Stored items
--- START ---
// The instruction of a word and its arguments.
ghost use Rattle.std.specs.Prelude.{◌≡◌, Option, if◌then◌else◌};
ghost use Rattle.std.specs.Option.{option_map};
ghost use Rattle.asm_item.specs.Args.{shown_operand, shown};
ghost use Rattle.asm_item.specs.Rows as rows;
ghost use Rattle.asm_read.specs.Table as spec;
ghost use Rattle.asm_read.specs.Coded as views;

use crate::numerals::{full_of, signed_of};
use asm_item::{Arg, Keyword, Number, Operand, Size};
use isa386::{
    ArithOp, Callee, Dest, DivideOp, Dw, Field, Ins, Narrow, Opnd, PlainOp, StackOp, StringOp,
    Target, UnaryOp, Way, WidenOp,
};

/// A name plus a number, in a field of an instruction.
#[derive(Clone, Copy)]
pub struct Name<'a> {
    pub field: Field,
    pub name: &'a [u8],
    pub add: i32,
}

/// An instruction and the name that a field of it holds.
#[derive(Clone, Copy)]
pub struct Coded<'a> {
    pub ins: Ins,
    pub label: Option<Name<'a>>,
}

/// An operand and the name in its displacement.
#[derive(Clone, Copy)]
struct Placed<'a> {
    operand: Opnd,
    label: Option<Name<'a>>,
}

/// A number and the name that stands for it.
#[derive(Clone, Copy)]
struct Valued<'a> {
    value: u32,
    label: Option<Name<'a>>,
}

/// Two operands.
#[derive(Clone, Copy)]
enum Pair {
    /// From a register.
    Stored(u8, Opnd),
    /// From memory to a register.
    Loaded(Opnd, u8),
    /// From a number.
    Given(u32, Opnd),
}

#[derive(Clone, Copy)]
struct Paired<'a> {
    pair: Pair,
    label: Option<Name<'a>>,
}

fn named<'a>(field: Field, name: &'a [u8], add: i32) -> Option<Name<'a>>
    ensures { option_map views.shown_name result ≡ spec.named field name.now add }
{
    Some(Name { field, name, add })
}

fn absolute(disp: i32) -> Opnd
    ensures { result ≡ spec.absolute disp }
{
    Opnd::Mem {
        base: None,
        index: None,
        disp,
        width: Dw::D32,
    }
}

/// Memory behind a base register: esp takes a SIB byte.
fn behind(base: u8, disp: i32) -> Opnd
    ensures { result ≡ spec.behind base disp }
{
    Opnd::Mem {
        base: Some(base),
        index: if base == 4 { Some((4, 0)) } else { None },
        disp,
        width: Dw::D32,
    }
}

fn operand_of<'a>(size: Size, o: Operand<'a>) -> Option<Placed<'a>>
    ensures { option_map views.shown_placed result ≡ spec.operand_of size (shown_operand o.entry) }
{
    let (operand, label) = match o {
        Operand::Register(of, r) if of == size => (Opnd::Reg(r), None),
        Operand::Number(n) => (absolute(signed_of(n)?), None),
        Operand::Name(k) => (absolute(0), named(Field::Disp, k, 0)),
        Operand::Plus(k, n) => (absolute(0), named(Field::Disp, k, signed_of(n)?)),
        Operand::Base(n, r) => (behind(r, signed_of(n)?), None),
        Operand::Register(..) | Operand::Minus(..) => return None,
    };
    Some(Placed { operand, label })
}

fn operand<'a>(size: Size, a: Arg<'a>) -> Option<Placed<'a>>
    ensures { option_map views.shown_placed result ≡ spec.operand size (shown a.entry) }
{
    match a {
        Arg::Plain(o) => operand_of(size, o),
        _ => None,
    }
}

fn register_of(size: Size, a: Arg<'_>) -> Option<u8>
    ensures { result ≡ spec.register_of size (shown a.entry) }
{
    match a {
        Arg::Plain(Operand::Register(of, r)) if of == size => Some(r),
        _ => None,
    }
}

/// `$n` and `$name`
fn immediate<'a>(a: Arg<'a>) -> Option<Valued<'a>>
    ensures { option_map views.shown_valued result ≡ spec.immediate (shown a.entry) }
{
    match a {
        Arg::Imm(n) => Some(Valued {
            value: full_of(n)?,
            label: None,
        }),
        Arg::ImmName(k) => Some(Valued {
            value: 0,
            label: named(Field::Imm, k, 0),
        }),
        _ => None,
    }
}

fn from_register<'a>(r: Option<u8>, o: Option<Placed<'a>>) -> Option<Paired<'a>>
    ensures { option_map views.shown_paired result ≡ spec.from_register r (option_map views.shown_placed o.entry) }
{
    let r = r?;
    let o = o?;
    Some(Paired {
        pair: Pair::Stored(r, o.operand),
        label: o.label,
    })
}

fn to_register<'a>(o: Option<Placed<'a>>, r: Option<u8>) -> Option<Paired<'a>>
    ensures { option_map views.shown_paired result ≡ spec.to_register (option_map views.shown_placed o.entry) r }
{
    let o = o?;
    let r = r?;
    Some(Paired {
        pair: Pair::Loaded(o.operand, r),
        label: o.label,
    })
}

/// At most one operand holds a name.
fn from_number<'a>(n: Option<Valued<'a>>, o: Option<Placed<'a>>) -> Option<Paired<'a>>
    ensures { option_map views.shown_paired result ≡ spec.from_number (option_map views.shown_valued n.entry) (option_map views.shown_placed o.entry) }
{
    let n = n?;
    let o = o?;
    if n.label.is_some() && o.label.is_some() {
        return None;
    }
    Some(Paired {
        pair: Pair::Given(n.value, o.operand),
        label: n.label.or(o.label),
    })
}

/// The two operands of this size, source first.
fn pair_of<'a>(size: Size, a: Arg<'a>, b: Arg<'a>) -> Option<Paired<'a>>
    ensures { option_map views.shown_paired result ≡ spec.pair size (shown a.entry) (shown b.entry) }
{
    match a {
        Arg::Plain(Operand::Register(..)) => from_register(register_of(size, a), operand(size, b)),
        Arg::Imm(_) | Arg::ImmName(_) => from_number(immediate(a), operand(size, b)),
        _ => to_register(operand(size, a), register_of(size, b)),
    }
}

fn movl(p: Pair) -> Option<Ins>
    ensures { result ≡ spec.movl (views.shown_pair p) }
{
    match p {
        Pair::Stored(r, o) => Some(Ins::Move(Way::ToOperand, r, o)),
        Pair::Loaded(o, r) => Some(Ins::Move(Way::ToRegister, r, o)),
        Pair::Given(n, Opnd::Reg(r)) => Some(Ins::MoveImm(Dest::Register(r), n)),
        Pair::Given(n, o) => Some(Ins::MoveImm(Dest::Operand(o), n)),
    }
}

fn movb(p: Pair) -> Option<Ins>
    ensures { result ≡ spec.movb (views.shown_pair p) }
{
    match p {
        Pair::Stored(r, o) => Some(Ins::MoveNarrow(Narrow::ByteToOperand, r, o)),
        Pair::Loaded(o, r) => Some(Ins::MoveNarrow(Narrow::ByteToRegister, r, o)),
        Pair::Given(..) => None,
    }
}

fn movw(p: Pair) -> Option<Ins>
    ensures { result ≡ spec.movw (views.shown_pair p) }
{
    match p {
        Pair::Stored(r, o) => Some(Ins::MoveNarrow(Narrow::WordToOperand, r, o)),
        _ => None,
    }
}

fn leal(p: Pair) -> Option<Ins>
    ensures { result ≡ spec.leal (views.shown_pair p) }
{
    match p {
        Pair::Loaded(o, r) => Some(Ins::Lea(r, o)),
        _ => None,
    }
}

fn arith(op: ArithOp, p: Pair) -> Option<Ins>
    ensures { result ≡ spec.arith op (views.shown_pair p) }
{
    match p {
        Pair::Stored(r, o) => Some(Ins::ArithTo(op, r, o)),
        Pair::Loaded(o, r) => Some(Ins::ArithFrom(op, r, o)),
        Pair::Given(n, o) => Some(Ins::ArithImm(op, o, n)),
    }
}

fn testl(p: Pair) -> Option<Ins>
    ensures { result ≡ spec.testl (views.shown_pair p) }
{
    match p {
        Pair::Stored(r, o) => Some(Ins::Test(r, o)),
        _ => None,
    }
}

/// The instruction of a word with two operands of one size.
fn of_pair(word: Keyword, p: Pair) -> Option<Ins>
    ensures { result ≡ spec.of_pair word (views.shown_pair p) }
{
    match word {
        Keyword::Movl => movl(p),
        Keyword::Movb => movb(p),
        Keyword::Movw => movw(p),
        Keyword::Leal => leal(p),
        Keyword::Arith(op) => arith(op, p),
        Keyword::Testl => testl(p),
        _ => None,
    }
}

fn coded_pair<'a>(word: Keyword, p: Option<Paired<'a>>) -> Option<Coded<'a>>
    ensures { option_map views.shown_coded result ≡ spec.paired word (option_map views.shown_paired p.entry) }
{
    let p = p?;
    Some(Coded {
        ins: of_pair(word, p.pair)?,
        label: p.label,
    })
}

fn multiplied<'a>(o: Option<Placed<'a>>, r: Option<u8>) -> Option<Coded<'a>>
    ensures { option_map views.shown_coded result ≡ spec.multiplied (option_map views.shown_placed o.entry) r }
{
    let o = o?;
    let r = r?;
    Some(Coded {
        ins: Ins::Imul(r, o.operand),
        label: o.label,
    })
}

fn widened<'a>(op: WidenOp, o: Option<Placed<'a>>, r: Option<u8>) -> Option<Coded<'a>>
    ensures { option_map views.shown_coded result ≡ spec.widened op (option_map views.shown_placed o.entry) r }
{
    let o = o?;
    let r = r?;
    Some(Coded {
        ins: Ins::Widen(op, r, o.operand),
        label: o.label,
    })
}

fn source_size(op: WidenOp) -> Size
    ensures { result ≡ rows.source_size op }
{
    match op {
        WidenOp::SignedByte | WidenOp::ZeroByte => Size::Byte,
        WidenOp::SignedWord | WidenOp::ZeroWord => Size::Short,
    }
}

/// The instruction of a word with one operand.
fn of_operand(word: Keyword, o: Opnd) -> Option<Ins>
    ensures { result ≡ spec.of_operand word o }
{
    match word {
        Keyword::Notl => Some(Ins::Unary(UnaryOp::Not, o)),
        Keyword::Negl => Some(Ins::Unary(UnaryOp::Neg, o)),
        Keyword::Divl => Some(Ins::Divide(DivideOp::Unsigned, o)),
        Keyword::Idivl => Some(Ins::Divide(DivideOp::Signed, o)),
        Keyword::Shift(op) => Some(Ins::Shift(op, o)),
        Keyword::Set(condition) => Some(Ins::Set(condition, o)),
        Keyword::Call => Some(Ins::Call(Callee::Indirect(o))),
        _ => None,
    }
}

fn single<'a>(word: Keyword, o: Option<Placed<'a>>) -> Option<Coded<'a>>
    ensures { option_map views.shown_coded result ≡ spec.single word (option_map views.shown_placed o.entry) }
{
    let o = o?;
    Some(Coded {
        ins: of_operand(word, o.operand)?,
        label: o.label,
    })
}

/// `%cl` and an operand
fn shifted<'a>(word: Keyword, count: Option<u8>, o: Option<Placed<'a>>) -> Option<Coded<'a>>
    ensures { option_map views.shown_coded result ≡ spec.shifted word count (option_map views.shown_placed o.entry) }
{
    if count? != 1 {
        return None;
    }
    single(word, o)
}

fn is_value(value: u32, a: Arg<'_>) -> bool
    ensures { result ≡ spec.is_value value (shown a.entry) }
{
    match a {
        Arg::Imm(n) => full_of(n) == Some(value),
        _ => false,
    }
}

fn lcall<'a>(a: Arg<'a>, b: Arg<'a>) -> Option<Coded<'a>>
    ensures { option_map views.shown_coded result ≡ spec.lcall (shown a.entry) (shown b.entry) }
{
    if !(is_value(7, a) && is_value(0, b)) {
        return None;
    }
    Some(Coded {
        ins: Ins::Lcall,
        label: None,
    })
}

/// The instruction of a word and two arguments.
pub fn two<'a>(word: Keyword, a: Arg<'a>, b: Arg<'a>) -> Option<Coded<'a>>
    ensures { option_map views.shown_coded result ≡ spec.two word (shown a.entry) (shown b.entry) }
{
    match word {
        Keyword::Movl | Keyword::Leal | Keyword::Arith(_) | Keyword::Testl => {
            coded_pair(word, pair_of(Size::Full, a, b))
        }
        Keyword::Movb => coded_pair(word, pair_of(Size::Byte, a, b)),
        Keyword::Movw => coded_pair(word, pair_of(Size::Short, a, b)),
        Keyword::Imull => multiplied(operand(Size::Full, a), register_of(Size::Full, b)),
        Keyword::Widen(op) => widened(op, operand(source_size(op), a), register_of(Size::Full, b)),
        Keyword::Shift(_) => shifted(word, register_of(Size::Byte, a), operand(Size::Full, b)),
        Keyword::Lcall => lcall(a, b),
        _ => None,
    }
}

/// A jump or call that goes to a name.
fn jump<'a>(ins: Ins, a: Arg<'a>) -> Option<Coded<'a>>
    ensures { option_map views.shown_coded result ≡ spec.jump ins (shown a.entry) }
{
    match a {
        Arg::Plain(Operand::Name(k)) => Some(Coded {
            ins,
            label: named(Field::Target, k, 0),
        }),
        _ => None,
    }
}

fn call<'a>(a: Arg<'a>) -> Option<Coded<'a>>
    ensures { option_map views.shown_coded result ≡ spec.call (shown a.entry) }
{
    match a {
        Arg::Star(o) => single(Keyword::Call, operand_of(Size::Full, o)),
        _ => jump(Ins::Call(Callee::Relative(0)), a),
    }
}

fn stack<'a>(op: Option<StackOp>) -> Option<Coded<'a>>
    ensures { option_map views.shown_coded result ≡ spec.stack op }
{
    Some(Coded {
        ins: Ins::Stack(op?),
        label: None,
    })
}

fn push_number<'a>(n: Option<Valued<'a>>) -> Option<Coded<'a>>
    ensures { option_map views.shown_coded result ≡ spec.push_number (option_map views.shown_valued n.entry) }
{
    let n = n?;
    Some(Coded {
        ins: Ins::Stack(StackOp::PushImm(n.value)),
        label: n.label,
    })
}

fn pushl<'a>(a: Arg<'a>) -> Option<Coded<'a>>
    ensures { option_map views.shown_coded result ≡ spec.pushl (shown a.entry) }
{
    match a {
        Arg::Plain(_) => stack(register_of(Size::Full, a).map(|r| StackOp::Push(r))),
        _ => push_number(immediate(a)),
    }
}

fn rep<'a>(a: Arg<'a>) -> Option<Coded<'a>>
    ensures { option_map views.shown_coded result ≡ spec.rep (shown a.entry) }
{
    let Arg::Plain(Operand::Name(k)) = a else {
        return None;
    };
    let op = if k == b"movsb".as_slice() {
        StringOp::RepMovsb
    } else if k == b"stosb".as_slice() {
        StringOp::RepStosb
    } else {
        return None;
    };
    Some(Coded {
        ins: Ins::Str(op),
        label: None,
    })
}

/// The instruction of a word and one argument.
pub fn one<'a>(word: Keyword, a: Arg<'a>) -> Option<Coded<'a>>
    ensures { option_map views.shown_coded result ≡ spec.one word (shown a.entry) }
{
    match word {
        Keyword::Pushl => pushl(a),
        Keyword::Popl => stack(register_of(Size::Full, a).map(|r| StackOp::Pop(r))),
        Keyword::Notl | Keyword::Negl | Keyword::Divl | Keyword::Idivl => {
            single(word, operand(Size::Full, a))
        }
        Keyword::Set(_) => single(word, operand(Size::Byte, a)),
        Keyword::Call => call(a),
        Keyword::Jmp => jump(Ins::Jump(Target::Near(0)), a),
        Keyword::Jump(condition) => jump(Ins::Branch(condition, Target::Near(0)), a),
        Keyword::Rep => rep(a),
        _ => None,
    }
}

/// The instruction of a word alone.
pub fn alone<'a>(word: Keyword) -> Option<Coded<'a>>
    ensures { option_map views.shown_coded result ≡ spec.alone word }
{
    let ins = match word {
        Keyword::Cltd => Ins::Cltd,
        Keyword::Ret => Ins::Plain(PlainOp::Ret),
        Keyword::Leave => Ins::Plain(PlainOp::Leave),
        Keyword::Nop => Ins::Plain(PlainOp::Nop),
        Keyword::Int3 => Ins::Int3,
        Keyword::Cld => Ins::Str(StringOp::Cld),
        _ => return None,
    };
    Some(Coded { ins, label: None })
}
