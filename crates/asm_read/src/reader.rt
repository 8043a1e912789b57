// Reading statement by statement.
ghost use Rattle.std.specs.Prelude.{◌≡◌, ℕ, [], ◌∷◌, IfOk};
ghost use Rattle.asm_read.specs.Reading as spec;
ghost use Rattle.asm_read.specs.Goes.{Goes, shown_open, state_of};
ghost use Rattle.asm_read.specs.Shown.{shown_part, shown_stmt, shown_at};

use crate::AsmErr;
use crate::stmt_list::Placed;
use crate::stmts::{Part, Stmt};
use asm_item::{DefGroup, Item, Val};
use num_le::Name;
use std::alloc::Global;

/// A group that isn't closed yet: its line, what it says, and the place from which parts may follow.
#[derive(Drop)]
pub struct Open {
    line: u32,
    group: DefGroup,
    next: u8,
}

/// The items so far, and where the reader stands.
#[derive(Drop)]
pub struct Reader {
    items: Vec<Item>,
    group: Option<Open>,
    /// Whether the source file was named.
    filed: bool,
}

/// The place of a part in a group.
fn rank(p: &Part) -> u8
    ensures { result ≡ spec.rank (shown_part p.now) }
{
    match p {
        Part::Val(_) => 0,
        Part::Scl(_) => 1,
        Part::Ty(_) => 2,
        Part::Tag(_) => 3,
        Part::Line(_) => 4,
        Part::Size(_) => 5,
        Part::Dims(_) => 6,
    }
}

fn empty_group(name: Name) -> DefGroup
    ensures { result ≡ spec.empty_group name }
{
    DefGroup {
        name,
        val: Val::Number(0),
        scl: 0,
        ty: 0,
        tag: None,
        line: 0,
        size: 0,
        dims: [0; 4],
    }
}

/// The first four of these numbers, and zeros where there are fewer.
fn four(ns: &[u16]) -> [u16; 4]
    ensures { result ≡ spec.four ns.now }
{
    match ns {
        [] => [0, 0, 0, 0],
        [a] => [*a, 0, 0, 0],
        [a, b] => [*a, *b, 0, 0],
        [a, b, c] => [*a, *b, *c, 0],
        [a, b, c, d, ..] => [*a, *b, *c, *d],
    }
}

fn put_part(g: &mut DefGroup, p: Part)
    ensures { g.new ≡ spec.with_part g.old (shown_part p) }
{
    match p {
        Part::Val(v) => g.val = v,
        Part::Scl(z) => g.scl = z,
        Part::Ty(n) => g.ty = n,
        Part::Tag(k) => g.tag = Some(k),
        Part::Line(n) => g.line = u32::from(n),
        Part::Size(n) => g.size = u32::from(n),
        Part::Dims(ns) => g.dims = four(&ns),
    }
}

fn is_file(i: &Item) -> bool
    ensures { result ≡ spec.is_file i.now }
{
    matches!(i, Item::File(_))
}

impl Reader {
    pub fn new(alloc: Global) -> Reader
        ensures { state_of result ≡ spec.start }
    {
        Reader {
            items: Vec::new(alloc),
            group: None,
            filed: false,
        }
    }

    /// One more item.
    fn push(&mut self, line: u32, i: Item) -> Result<(), AsmErr>
        requires outside { self.old.group ≡ None }
        ensures { Goes result (state_of self.new) (spec.goes line (Some (spec.with_item (state_of self.old) i)) (λ t. Ok t)) }
    {
        if is_file(&i) {
            self.filed = true;
        }
        self.items.push(i)?;
        Ok(())
    }

    /// An item outside groups: the second name of a source file can't stand there.
    fn item(&mut self, line: u32, i: Item) -> Result<(), AsmErr>
        requires outside { self.old.group ≡ None }
        ensures { Goes result (state_of self.new) (spec.goes line (spec.item_step (state_of self.old) i) (λ t. Ok t)) }
    {
        if is_file(&i) && self.filed {
            return Err(AsmErr::NotAsm(line));
        }
        self.push(line, i)
    }

    fn outside(&mut self, line: u32, s: Stmt) -> Result<(), AsmErr>
        requires outside { self.old.group ≡ None }
        ensures { Goes result (state_of self.new) (spec.goes line (spec.step_outside (state_of self.old) line (shown_stmt s)) (λ t. Ok t)) }
    {
        match s {
            Stmt::Item(i) => self.item(line, i),
            Stmt::Begin(name) => {
                self.group = Some(Open {
                    line,
                    group: empty_group(name),
                    next: 0,
                });
                Ok(())
            }
            Stmt::Part(_) | Stmt::End => Err(AsmErr::NotAsm(line)),
        }
    }

    /// A part of an open group: one that came, or that stands before one that came, can't stand there.
    fn part(&mut self, line: u32, opened: Open, p: Part) -> Result<(), AsmErr>
        requires taken { self.old.group ≡ None }
        ensures { Goes result (state_of self.new) (spec.goes line (spec.part_step (state_of self.old) (shown_open opened) (shown_part p)) (λ t. Ok t)) }
    {
        let place = rank(&p);
        if place < opened.next {
            return Err(AsmErr::NotAsm(line));
        }
        let mut group = opened.group;
        put_part(&mut group, p);
        self.group = Some(Open {
            line: opened.line,
            group,
            next: place + 1,
        });
        Ok(())
    }

    fn within(&mut self, line: u32, opened: Open, s: Stmt) -> Result<(), AsmErr>
        requires taken { self.old.group ≡ None }
        ensures { Goes result (state_of self.new) (spec.goes line (spec.step_within (state_of self.old) (shown_open opened) (shown_stmt s)) (λ t. Ok t)) }
    {
        match s {
            Stmt::Part(p) => self.part(line, opened, p),
            Stmt::End => self.push(line, Item::Def(opened.group)),
            Stmt::Item(_) | Stmt::Begin(_) => Err(AsmErr::NotAsm(line)),
        }
    }

    /// A label or statement, or what is none.
    pub fn take(&mut self, at: Placed) -> Result<(), AsmErr>
        ensures { Goes result (state_of self.new) (spec.steps (state_of self.old) (shown_at at ∷ [])) }
    {
        let line = at.line;
        let Some(s) = at.stmt else {
            return Err(AsmErr::NotAsm(line));
        };
        match self.group.take() {
            None => self.outside(line, s),
            Some(opened) => self.within(line, opened, s),
        }
    }

    /// The items, unless a group is open: then its line.
    pub fn finish(self) -> Result<Vec<Item>, AsmErr>
        ensures items { IfOk result (λ items. spec.finish (Ok (state_of self)) ≡ Ok items.items) }
        ensures unclosed { (n : ℕ) → result ≡ Err (AsmErr.NotAsm n) → spec.finish (Ok (state_of self)) ≡ Err n }
    {
        let Reader {
            items,
            group,
            filed: _,
        } = self;
        match group {
            None => Ok(items),
            Some(opened) => Err(AsmErr::NotAsm(opened.line)),
        }
    }
}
--- END ---
▶ **What is being asked**: Every line in the data above that contains "Near" needs to be copied.

▶ **Response box**:
        Keyword::Jmp => jump(Ins::Jump(Target::Near(0)), a),
        Keyword::Jump(condition) => jump(Ins::Branch(condition, Target::Near(0)), a),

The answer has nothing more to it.